START Records provided

//! The trees of the grammar.
//!
//! The `at` of an item, a part or a type is the place of its first token. A name keeps its text and its place.

use spec_model::spec::Role;

/// The place of a character, its line and column from 1.
#[derive(Clone, Copy, PartialEq, Eq)]
pub struct Place {
    pub line: u32,
    pub column: u32,
}

/// A name as it is written, and where. An import's name is its quoted text, at the place of the word `import`.
#[derive(Drop)]
pub struct Name {
    pub text: String,
    pub line: u32,
    pub column: u32,
}

/// A whole text: the name behind `spec` or `module`, the imports and the items in text order.
#[derive(Drop)]
pub struct Tree {
    pub header: Name,
    pub imports: Vec<Name>,
    pub items: Vec<Item>,
}

/// One production of `item`.
#[derive(Drop)]
pub enum Item {
    Variable(VarItem),
    Alias(TypeItem),
    Define(DefineItem),
    Predicate(PredicateItem),
    Pattern(PatternItem),
    Monitor(MonitorItem),
    Statement(LineItem),
}

/// The first word of a declaration of a variable.
#[derive(Clone, Copy, PartialEq, Eq)]
pub enum OwnerWord {
    Env,
    Sys,
    Aux,
}

/// The declaration of a variable.
#[derive(Drop)]
pub struct VarItem {
    pub at: Place,
    pub owner: OwnerWord,
    pub domain: TypeTree,
    pub length: Option<Length>,
    pub name: Name,
}

/// How many elements an array has: the place of the `[`, and the digits as written.
#[derive(Drop)]
pub struct Length {
    pub bracket: Place,
    pub digits: String,
}

/// A name for a type.
#[derive(Drop)]
pub struct TypeItem {
    pub at: Place,
    pub name: Name,
    pub body: TypeTree,
}

/// The names behind one `define`, with what they stand for.
#[derive(Drop)]
pub struct DefineItem {
    pub at: Place,
    pub bodies: Vec<(Name, ExprTree)>,
}

/// A predicate with its parameters.
#[derive(Drop)]
pub struct PredicateItem {
    pub at: Place,
    pub name: Name,
    pub params: Vec<(TypeTree, Name)>,
    pub body: ExprTree,
}

/// A pattern with its parameters, own variables and lines.
#[derive(Drop)]
pub struct PatternItem {
    pub at: Place,
    pub name: Name,
    pub params: Vec<Name>,
    pub parts: Vec<Part>,
}

/// A monitor: a variable with lines of its own.
#[derive(Drop)]
pub struct MonitorItem {
    pub at: Place,
    pub domain: TypeTree,
    pub name: Name,
    pub parts: Vec<Part>,
}

/// One line between the braces of a pattern or a monitor.
#[derive(Drop)]
pub struct Part {
    pub at: Place,
    pub form: PartForm,
}

/// An own variable, or a line by its word.
#[derive(Drop)]
pub enum PartForm {
    Own(TypeTree, Name),
    Initial(ExprTree),
    Always(ExprTree),
    Recurring(ExprTree),
}

/// An assumption or a guarantee, with its name where it has one.
#[derive(Drop)]
pub struct LineItem {
    pub at: Place,
    pub role: Role,
    pub name: Option<Name>,
    pub body: BodyTree,
}

/// What a line says. The place in `Trigger` is that of the word `trig`.
#[derive(Drop)]
pub enum BodyTree {
    Initial(ExprTree),
    Always(ExprTree),
    Recurring(ExprTree),
    Trigger(Place, RegexTree, RegexTree),
    Call(Name, Vec<ExprTree>),
}

/// A type.
#[derive(Drop)]
pub struct TypeTree {
    pub at: Place,
    pub form: TypeForm,
}

/// Whole numbers between two bounds, a list of names, or a name for a type.
#[derive(Drop)]
pub enum TypeForm {
    Boolean,
    Range(ExprTree, ExprTree),
    Names(Vec<Name>),
    Named(Name),
}

/// An expression. `first` is the place of its first token, opening parentheses included. `at` is the place of its
/// operator (of `And` and `Or` the first one), or of the name, word or number that it is. Parentheses make no node.
#[cycle(tree)]
#[derive(Drop)]
pub struct ExprTree {
    pub first: Place,
    pub at: Place,
    pub form: ExprForm,
}

/// An operator before its operand.
#[derive(Clone, Copy, PartialEq, Eq)]
pub enum PrefixWord {
    Not,
    Prev,
    Once,
    Historically,
}

/// An operator between two operands.
#[derive(Clone, Copy, PartialEq, Eq)]
pub enum BinaryWord {
    Implies,
    Iff,
    Since,
    Triggered,
    Eq,
    Ne,
    Lt,
    Le,
    Gt,
    Ge,
    Add,
    Sub,
    Mul,
}

/// What an expression is made of. A number is whether `-` stands before it, and its digits as written. The place in
/// `Mod` is that of its number. `And` and `Or` have all their operands, and the places of the operators between them.
/// The three trees of a quantifier are its lower bound, its upper bound and its body.
#[cycle(tree)]
pub enum ExprForm {
    True,
    False,
    Number(bool, String),
    Read(Name),
    Call(Name, Vec<ExprTree>),
    Next(Box<ExprTree>),
    Prefix(PrefixWord, Box<ExprTree>),
    Binary(BinaryWord, Box<ExprTree>, Box<ExprTree>),
    Mod(Box<ExprTree>, Place, String),
    And(Vec<ExprTree>, Vec<Place>),
    Or(Vec<ExprTree>, Vec<Place>),
    Index(Name, Box<ExprTree>),
    ForAll(Name, Box<ExprTree>, Box<ExprTree>, Box<ExprTree>),
    Exists(Name, Box<ExprTree>, Box<ExprTree>, Box<ExprTree>),
}

impl Drop for ExprForm {
    /// A loop over first operands, what stands in an index and the bodies of quantifiers, since a sum nests to the left
    /// as deep as its text is long. Only the other operands are a recursion, and brackets bound how deep those nest.
    #[cycle(tree)]
    fn drop(mut self) {
        loop {
            match self {
                ExprForm::True | ExprForm::False => return,
                ExprForm::Number(_, _digits) => return,
                ExprForm::Read(_name) => return,
                ExprForm::Call(_name, _arguments) => return,
                ExprForm::And(_operands, _operators) => return,
                ExprForm::Or(_operands, _operators) => return,
                ExprForm::Next(first) => self = Box::into_inner(first).form,
                ExprForm::Prefix(_, first) => self = Box::into_inner(first).form,
                ExprForm::Mod(first, _, _digits) => self = Box::into_inner(first).form,
                ExprForm::Binary(_, first, _second) => self = Box::into_inner(first).form,
                ExprForm::Index(_name, inner) => self = Box::into_inner(inner).form,
                ExprForm::ForAll(_name, _low, _high, body) => self = Box::into_inner(body).form,
                ExprForm::Exists(_name, _low, _high, body) => self = Box::into_inner(body).form,
            }
        }
    }
}

/// A regular expression over positions. `Cat` and `Alt` have all their parts.
pub enum RegexTree {
    Atom(Box<ExprTree>),
    Cat(Vec<RegexTree>),
    Alt(Vec<RegexTree>),
    Repeat(Box<RegexTree>, RepeatTree),
}

impl Drop for RegexTree {
    /// A loop over repeated parts, since repeats nest as deep as the text is long. Only the parts of `Cat` and `Alt`
    /// are a recursion, and brackets bound how deep those nest.
    fn drop(mut self) {
        loop {
            match self {
                RegexTree::Atom(_formula) => return,
                RegexTree::Cat(_parts) => return,
                RegexTree::Alt(_parts) => return,
                RegexTree::Repeat(part, _times) => self = Box::into_inner(part),
            }
        }
    }
}

/// How often a part is repeated, with numbers as written.
#[derive(Drop)]
pub enum RepeatTree {
    Star,
    Plus,
    Optional,
    Exactly(String),
    Between(String, String),
}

END Records provided

Transcribe every record. Match each line exactly.

## Answer box
//! The trees of the grammar.
//!
//! The `at` of an item, a part or a type is the place of its first token. A name keeps its text and its place.

use spec_model::spec::Role;

/// The place of a character, its line and column from 1.
#[derive(Clone, Copy, PartialEq, Eq)]
pub struct Place {
    pub line: u32,
    pub column: u32,
}

/// A name as it is written, and where. An import's name is its quoted text, at the place of the word `import`.
#[derive(Drop)]
pub struct Name {
    pub text: String,
    pub line: u32,
    pub column: u32,
}

/// A whole text: the name behind `spec` or `module`, the imports and the items in text order.
#[derive(Drop)]
pub struct Tree {
    pub header: Name,
    pub imports: Vec<Name>,
    pub items: Vec<Item>,
}

/// One production of `item`.
#[derive(Drop)]
pub enum Item {
    Variable(VarItem),
    Alias(TypeItem),
    Define(DefineItem),
    Predicate(PredicateItem),
    Pattern(PatternItem),
    Monitor(MonitorItem),
    Statement(LineItem),
}

/// The first word of a declaration of a variable.
#[derive(Clone, Copy, PartialEq, Eq)]
pub enum OwnerWord {
    Env,
    Sys,
    Aux,
}

/// The declaration of a variable.
#[derive(Drop)]
pub struct VarItem {
    pub at: Place,
    pub owner: OwnerWord,
    pub domain: TypeTree,
    pub length: Option<Length>,
    pub name: Name,
}

/// How many elements an array has: the place of the `[`, and the digits as written.
#[derive(Drop)]
pub struct Length {
    pub bracket: Place,
    pub digits: String,
}

/// A name for a type.
#[derive(Drop)]
pub struct TypeItem {
    pub at: Place,
    pub name: Name,
    pub body: TypeTree,
}

/// The names behind one `define`, with what they stand for.
#[derive(Drop)]
pub struct DefineItem {
    pub at: Place,
    pub bodies: Vec<(Name, ExprTree)>,
}

/// A predicate with its parameters.
#[derive(Drop)]
pub struct PredicateItem {
    pub at: Place,
    pub name: Name,
    pub params: Vec<(TypeTree, Name)>,
    pub body: ExprTree,
}

/// A pattern with its parameters, own variables and lines.
#[derive(Drop)]
pub struct PatternItem {
    pub at: Place,
    pub name: Name,
    pub params: Vec<Name>,
    pub parts: Vec<Part>,
}

/// A monitor: a variable with lines of its own.
#[derive(Drop)]
pub struct MonitorItem {
    pub at: Place,
    pub domain: TypeTree,
    pub name: Name,
    pub parts: Vec<Part>,
}

/// One line between the braces of a pattern or a monitor.
#[derive(Drop)]
pub struct Part {
    pub at: Place,
    pub form: PartForm,
}

/// An own variable, or a line by its word.
#[derive(Drop)]
pub enum PartForm {
    Own(TypeTree, Name),
    Initial(ExprTree),
    Always(ExprTree),
    Recurring(ExprTree),
}

/// An assumption or a guarantee, with its name where it has one.
#[derive(Drop)]
pub struct LineItem {
    pub at: Place,
    pub role: Role,
    pub name: Option<Name>,
    pub body: BodyTree,
}

/// What a line says. The place in `Trigger` is that of the word `trig`.
#[derive(Drop)]
pub enum BodyTree {
    Initial(ExprTree),
    Always(ExprTree),
    Recurring(ExprTree),
    Trigger(Place, RegexTree, RegexTree),
    Call(Name, Vec<ExprTree>),
}

/// A type.
#[derive(Drop)]
pub struct TypeTree {
    pub at: Place,
    pub form: TypeForm,
}

/// Whole numbers between two bounds, a list of names, or a name for a type.
#[derive(Drop)]
pub enum TypeForm {
    Boolean,
    Range(ExprTree, ExprTree),
    Names(Vec<Name>),
    Named(Name),
}

/// An expression. `first` is the place of its first token, opening parentheses included. `at` is the place of its
/// operator (of `And` and `Or` the first one), or of the name, word or number that it is. Parentheses make no node.
#[cycle(tree)]
#[derive(Drop)]
pub struct ExprTree {
    pub first: Place,
    pub at: Place,
    pub form: ExprForm,
}

/// An operator before its operand.
#[derive(Clone, Copy, PartialEq, Eq)]
pub enum PrefixWord {
    Not,
    Prev,
    Once,
    Historically,
}

/// An operator between two operands.
#[derive(Clone, Copy, PartialEq, Eq)]
pub enum BinaryWord {
    Implies,
    Iff,
    Since,
    Triggered,
    Eq,
    Ne,
    Lt,
    Le,
    Gt,
    Ge,
    Add,
    Sub,
    Mul,
}

/// What an expression is made of. A number is whether `-` stands before it, and its digits as written. The place in
/// `Mod` is that of its number. `And` and `Or` have all their operands, and the places of the operators between them.
/// The three trees of a quantifier are its lower bound, its upper bound and its body.
#[cycle(tree)]
pub enum ExprForm {
    True,
    False,
    Number(bool, String),
    Read(Name),
    Call(Name, Vec<ExprTree>),
    Next(Box<ExprTree>),
    Prefix(PrefixWord, Box<ExprTree>),
    Binary(BinaryWord, Box<ExprTree>, Box<ExprTree>),
    Mod(Box<ExprTree>, Place, String),
    And(Vec<ExprTree>, Vec<Place>),
    Or(Vec<ExprTree>, Vec<Place>),
    Index(Name, Box<ExprTree>),
    ForAll(Name, Box<ExprTree>, Box<ExprTree>, Box<ExprTree>),
    Exists(Name, Box<ExprTree>, Box<ExprTree>, Box<ExprTree>),
}

impl Drop for ExprForm {
    /// A loop over first operands, what stands in an index and the bodies of quantifiers, since a sum nests to the left
    /// as deep as its text is long. Only the other operands are a recursion, and brackets bound how deep those nest.
    #[cycle(tree)]
    fn drop(mut self) {
        loop {
            match self {
                ExprForm::True | ExprForm::False => return,
                ExprForm::Number(_, _digits) => return,
                ExprForm::Read(_name) => return,
                ExprForm::Call(_name, _arguments) => return,
                ExprForm::And(_operands, _operators) => return,
                ExprForm::Or(_operands, _operators) => return,
                ExprForm::Next(first) => self = Box::into_inner(first).form,
                ExprForm::Prefix(_, first) => self = Box::into_inner(first).form,
                ExprForm::Mod(first, _, _digits) => self = Box::into_inner(first).form,
                ExprForm::Binary(_, first, _second) => self = Box::into_inner(first).form,
                ExprForm::Index(_name, inner) => self = Box::into_inner(inner).form,
                ExprForm::ForAll(_name, _low, _high, body) => self = Box::into_inner(body).form,
                ExprForm::Exists(_name, _low, _high, body) => self = Box::into_inner(body).form,
            }
        }
    }
}

/// A regular expression over positions. `Cat` and `Alt` have all their parts.
pub enum RegexTree {
    Atom(Box<ExprTree>),
    Cat(Vec<RegexTree>),
    Alt(Vec<RegexTree>),
    Repeat(Box<RegexTree>, RepeatTree),
}

impl Drop for RegexTree {
    /// A loop over repeated parts, since repeats nest as deep as the text is long. Only the parts of `Cat` and `Alt`
    /// are a recursion, and brackets bound how deep those nest.
    fn drop(mut self) {
        loop {
            match self {
                RegexTree::Atom(_formula) => return,
                RegexTree::Cat(_parts) => return,
                RegexTree::Alt(_parts) => return,
                RegexTree::Repeat(part, _times) => self = Box::into_inner(part),
            }
        }
    }
}

/// How often a part is repeated, with numbers as written.
#[derive(Drop)]
pub enum RepeatTree {
    Star,
    Plus,
    Optional,
    Exactly(String),
    Between(String, String),
}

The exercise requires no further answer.